News Bola Daerah Sulawesi Sumatera Jabar Banten Jateng DI Yogya Jatim Bali

Sejumlah Orang Tua Siswa di Gorontalo Tolak Kartu Vaksin Sebagai Syarat PTM

Salah satu dari orang tua siswa di Kota Gorontalo mengaku datang melakukan pengaduan untuk memperjuangkan hak anaknya agar bisa PTM
  • Reporter :
  • Editor :
Selasa, 1 Maret 2022 - 08:25 WIB
Orang tua siswa mendatangi Lembaga Advokasi Khusus Perempuan dan Anak (LAKPA)
Sumber :
  • Kadek Sugiarta

Kota Gorontalo - Sejumlah orang tua siswa mendatangi Lembaga Advokasi Khusus Perempuan dan Anak (LAKPA), untuk mengadukan kebijakan Dinas Pendidikan Kota Gorontalo yang mensyaratkan vaksinasi sebagai ketentuan untuk bisa mengikuti pembelajaran Tatap Muka (PTM), Senin (28/2/2022).

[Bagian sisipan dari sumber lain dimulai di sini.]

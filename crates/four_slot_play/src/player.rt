//! The player of cell schedules: which operations a schedule has is read off its steps, and what they saw off a cell
//! that makes the steps' events.

ghost use Rattle.std.specs.Prelude.{IfErr, IfOk};
ghost use Rattle.four_slot_core.specs.Play.{IsRefusal};
ghost use Rattle.four_slot_core.specs.Play.{cell_span};
ghost use Rattle.four_slot_play.specs.CellReports.{IsCellReport};

use four_slot_core::{CellReport, CellSchedule};
use history_core::PlayError;
use history_core::laws::order_by_number;
use report::assemble;
use std::alloc::Global;
use steps::first_overrun;

mod order;
mod report;
mod run;
mod steps;

/// Plays a schedule of a cell, in time and memory proportional to its steps. A schedule with a step that no operation
/// is left for is refused before any memory is taken, by the position of the first such step.
pub fn play_cell<R: Copy>(alloc: Global, s: &CellSchedule<R>) -> Result<CellReport<R>, PlayError>
    ensures report { IfOk result (IsCellReport s.now) }
    ensures refused { IfErr result (IsRefusal (cell_span s.now)) }
{
    let steps = s.steps.as_slice();
    let writes = s.writes.as_slice();
    if let Some(position) = first_overrun(steps, writes, s.reads) {
        return Err(PlayError::TooManySteps { position });
    }
    // By this law the order keeps precedence.
    order_by_number::<R>();
    match assemble(alloc, s.opening, s.noise, steps, writes) {
        Ok(report) => Ok(report),
        Err(_) => Err(PlayError::NoMemory),
    }
}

Lola Daud, salah satu dari orang tua siswa di Kota Gorontalo mengaku datang melakukan pengaduan untuk memperjuangkan hak anaknya agar bisa masuk sekolah tatap muka, karena sudah dua minggu anaknya hanya mengikuti pembelajaran daring.

ADVERTISEMENT

GULIR UNTUK LANJUT BACA

Dirinya pun mengaku kalau pembelajaran daring sangat tidak efektif penerapannya, karena guru hanya mengirimkan materi melalui grup WhatsApp.

“Kalau belajar daring, guru sama sekali tidak mengajar hanya membagikan materi lewat grup WhatsApp. Saya pun harus menggantikan peran guru mengajarkan materi itu, sedangkan saya ini ibu rumah tangga biasa dan tidak punya kapasitas apalagi kualitas mengajar seperti guru,” ungkapnya.

Lola pun menjelaskan alasan anaknya tidak diizinkan menerima vaksin Covid-19 karena takut dan khawatir jika anaknya kenapa-kenapa.

“Anak saya itu sudah berusia sembilan tahun, dan selama sembilan tahun ini sering masuk rumah sakit karena ada penyakit tifus. Saya masih khawatir kalau kenapa-kenapa nantinya,” imbuhnya.

Namun ia tetap ingin anaknya bisa mengikuti PTM tanpa harus divaksinasi.

Sementara itu, Romy Pakaya, Kepala LAKPA, menyebut beberapa hari belakangan pihaknya banyak didatangi oleh orang tua siswa yang mengajukan aduan keberatan atas kebijakan Dinas Pendidikan Kota Gorontalo, yang mensyaratkan hanya anak sudah tervaksinasi Covid-19 bisa mengikuti PTM.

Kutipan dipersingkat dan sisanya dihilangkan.